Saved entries
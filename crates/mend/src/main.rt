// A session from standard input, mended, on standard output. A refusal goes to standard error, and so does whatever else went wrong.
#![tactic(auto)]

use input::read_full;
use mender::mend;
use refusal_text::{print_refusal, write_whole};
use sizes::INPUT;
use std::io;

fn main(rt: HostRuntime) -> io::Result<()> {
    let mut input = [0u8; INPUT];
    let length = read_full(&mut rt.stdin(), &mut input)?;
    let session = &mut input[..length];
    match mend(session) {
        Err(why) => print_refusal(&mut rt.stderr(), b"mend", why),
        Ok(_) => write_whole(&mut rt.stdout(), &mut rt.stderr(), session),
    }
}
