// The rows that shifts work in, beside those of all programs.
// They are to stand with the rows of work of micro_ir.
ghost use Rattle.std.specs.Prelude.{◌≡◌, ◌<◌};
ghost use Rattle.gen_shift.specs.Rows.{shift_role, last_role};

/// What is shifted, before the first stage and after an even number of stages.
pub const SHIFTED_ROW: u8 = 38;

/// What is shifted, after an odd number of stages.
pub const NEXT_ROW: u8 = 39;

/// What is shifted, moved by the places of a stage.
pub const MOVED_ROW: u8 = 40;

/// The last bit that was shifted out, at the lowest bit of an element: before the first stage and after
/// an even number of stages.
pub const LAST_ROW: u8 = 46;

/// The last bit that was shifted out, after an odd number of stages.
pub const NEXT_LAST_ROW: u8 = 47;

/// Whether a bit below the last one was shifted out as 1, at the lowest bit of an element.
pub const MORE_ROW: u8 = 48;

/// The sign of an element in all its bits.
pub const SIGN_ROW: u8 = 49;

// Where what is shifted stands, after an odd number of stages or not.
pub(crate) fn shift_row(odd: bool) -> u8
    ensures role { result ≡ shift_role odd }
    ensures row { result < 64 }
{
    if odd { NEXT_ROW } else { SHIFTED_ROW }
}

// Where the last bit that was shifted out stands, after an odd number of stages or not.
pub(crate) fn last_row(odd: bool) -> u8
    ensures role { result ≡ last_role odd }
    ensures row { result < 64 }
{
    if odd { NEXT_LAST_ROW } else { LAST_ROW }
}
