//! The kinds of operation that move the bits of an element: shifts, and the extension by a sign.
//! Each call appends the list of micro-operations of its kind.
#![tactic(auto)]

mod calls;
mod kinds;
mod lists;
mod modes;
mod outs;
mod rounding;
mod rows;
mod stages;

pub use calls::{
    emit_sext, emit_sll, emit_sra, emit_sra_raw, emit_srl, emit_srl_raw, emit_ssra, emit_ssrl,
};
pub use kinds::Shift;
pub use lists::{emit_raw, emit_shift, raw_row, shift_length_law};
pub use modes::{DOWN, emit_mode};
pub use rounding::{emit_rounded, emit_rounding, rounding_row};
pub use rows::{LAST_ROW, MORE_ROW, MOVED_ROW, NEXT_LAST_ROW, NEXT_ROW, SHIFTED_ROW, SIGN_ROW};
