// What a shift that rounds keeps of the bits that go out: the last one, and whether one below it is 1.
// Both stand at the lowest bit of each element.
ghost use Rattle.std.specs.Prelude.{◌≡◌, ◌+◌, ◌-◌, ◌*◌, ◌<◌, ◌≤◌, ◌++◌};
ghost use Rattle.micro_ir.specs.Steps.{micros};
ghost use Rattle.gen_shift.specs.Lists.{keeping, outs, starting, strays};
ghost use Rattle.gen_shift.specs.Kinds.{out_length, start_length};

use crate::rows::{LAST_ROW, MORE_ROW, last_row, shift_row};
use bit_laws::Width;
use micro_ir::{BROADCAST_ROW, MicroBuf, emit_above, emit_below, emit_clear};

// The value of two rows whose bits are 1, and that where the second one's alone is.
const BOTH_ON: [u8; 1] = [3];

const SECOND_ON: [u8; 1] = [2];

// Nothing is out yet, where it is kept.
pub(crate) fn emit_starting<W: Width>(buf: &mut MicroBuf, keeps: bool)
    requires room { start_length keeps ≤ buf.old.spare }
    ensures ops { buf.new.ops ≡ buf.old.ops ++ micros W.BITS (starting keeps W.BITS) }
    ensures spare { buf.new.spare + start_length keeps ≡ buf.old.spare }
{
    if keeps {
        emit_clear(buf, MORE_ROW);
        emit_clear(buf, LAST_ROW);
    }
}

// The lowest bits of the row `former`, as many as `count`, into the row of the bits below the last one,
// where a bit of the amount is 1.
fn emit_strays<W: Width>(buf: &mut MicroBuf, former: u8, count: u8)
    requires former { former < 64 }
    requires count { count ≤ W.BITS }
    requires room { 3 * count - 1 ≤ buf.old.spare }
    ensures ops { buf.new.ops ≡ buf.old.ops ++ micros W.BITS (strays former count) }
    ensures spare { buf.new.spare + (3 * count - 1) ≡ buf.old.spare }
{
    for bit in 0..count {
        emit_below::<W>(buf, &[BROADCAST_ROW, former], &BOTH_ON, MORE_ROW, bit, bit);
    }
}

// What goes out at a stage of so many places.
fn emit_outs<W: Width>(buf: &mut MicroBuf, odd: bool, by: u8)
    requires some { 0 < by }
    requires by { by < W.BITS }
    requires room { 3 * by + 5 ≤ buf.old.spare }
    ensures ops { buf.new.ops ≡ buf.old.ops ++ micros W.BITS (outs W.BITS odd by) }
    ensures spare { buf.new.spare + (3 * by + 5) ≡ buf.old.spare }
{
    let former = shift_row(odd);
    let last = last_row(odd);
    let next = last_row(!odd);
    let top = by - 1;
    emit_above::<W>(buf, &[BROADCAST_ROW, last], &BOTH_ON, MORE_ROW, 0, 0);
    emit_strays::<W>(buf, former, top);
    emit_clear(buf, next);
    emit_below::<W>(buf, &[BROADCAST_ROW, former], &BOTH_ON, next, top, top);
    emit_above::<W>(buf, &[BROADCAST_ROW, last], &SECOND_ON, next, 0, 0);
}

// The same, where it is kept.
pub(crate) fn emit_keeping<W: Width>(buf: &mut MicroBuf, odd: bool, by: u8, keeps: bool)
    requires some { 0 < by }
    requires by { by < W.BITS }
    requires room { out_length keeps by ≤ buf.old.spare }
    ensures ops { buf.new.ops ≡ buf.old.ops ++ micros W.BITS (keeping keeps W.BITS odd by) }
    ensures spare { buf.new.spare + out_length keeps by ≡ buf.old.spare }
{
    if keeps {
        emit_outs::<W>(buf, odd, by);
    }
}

GOAL OF THE EXERCISE:
Some lines of the records above contain the word "Prelude". How many are there? Reply with the number alone.

OUTPUT:
2